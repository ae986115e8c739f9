//! A name that no node has yet, in words.
ghost use Rattle.std.specs.Prelude.{◌≡◌, ◌++◌, OnOk};
ghost use Rattle.graph_script.specs.Lexical.{words_of};
ghost use Rattle.fault_messages.specs.Places.{lines_before};
ghost use Rattle.fault_messages.specs.UnknownNames.{unknown_end, no_node_of, no_node_called, unknown_name};

use crate::lines::word_of;
use crate::makers::is_made;
use crate::name_rules::{end_name, is_pair};
use crate::putting::put_before;
use pw_lists::{Memory, Text};

// Of two ends the one whose node no line before makes.
fn unknown_end<'a>(line: &'a [u8], script: &[u8], number: u32) -> &'a [u8]
    ensures { result.now ≡ unknown_end (words_of line.now) (lines_before script.now number) }
{
    let first = word_of(line, 1);
    if is_made(script, number, end_name(first)) {
        word_of(line, 2)
    } else {
        first
    }
}

#[tactic(auto, unfolding(crate::specs::UnknownNames::no_node_of))]
fn put_no_node_of(text: &mut Text, end: &[u8]) -> Result<(), Memory>
    ensures { OnOk result (text.new ≡ text.old ++ no_node_of end.now) }
{
    put_before(text, b"no line before this one makes the node of ", end)
}

#[tactic(auto, unfolding(crate::specs::UnknownNames::no_node_called))]
fn put_no_node_called(text: &mut Text, name: &[u8]) -> Result<(), Memory>
    ensures { OnOk result (text.new ≡ text.old ++ no_node_called name.now) }
{
    put_before(text, b"no line before this one makes a node called ", name)
}

/// Which name of the line of this number no line before it gives to a node.
pub fn put_unknown_name(
    text: &mut Text,
    line: &[u8],
    script: &[u8],
    number: u32,
) -> Result<(), Memory>
    ensures { OnOk result (text.new ≡ text.old
        ++ unknown_name (words_of line.now) (lines_before script.now number)) }
{
    if is_pair(line) {
        put_no_node_of(text, unknown_end(line, script, number))
    } else {
        put_no_node_called(text, word_of(line, 1))
    }
}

****************

What you need to do: Nothing but the lines from the one that contains "fn put_no_node_of(text: &mut" through the end of the data above should appear, each reproduced exactly.

Answer space:
fn put_no_node_of(text: &mut Text, end: &[u8]) -> Result<(), Memory>
    ensures { OnOk result (text.new ≡ text.old ++ no_node_of end.now) }
{
    put_before(text, b"no line before this one makes the node of ", end)
}

#[tactic(auto, unfolding(crate::specs::UnknownNames::no_node_called))]
fn put_no_node_called(text: &mut Text, name: &[u8]) -> Result<(), Memory>
    ensures { OnOk result (text.new ≡ text.old ++ no_node_called name.now) }
{
    put_before(text, b"no line before this one makes a node called ", name)
}

/// Which name of the line of this number no line before it gives to a node.
pub fn put_unknown_name(
    text: &mut Text,
    line: &[u8],
    script: &[u8],
    number: u32,
) -> Result<(), Memory>
    ensures { OnOk result (text.new ≡ text.old
        ++ unknown_name (words_of line.now) (lines_before script.now number)) }
{
    if is_pair(line) {
        put_no_node_of(text, unknown_end(line, script, number))
    } else {
        put_no_node_called(text, word_of(line, 1))
    }
}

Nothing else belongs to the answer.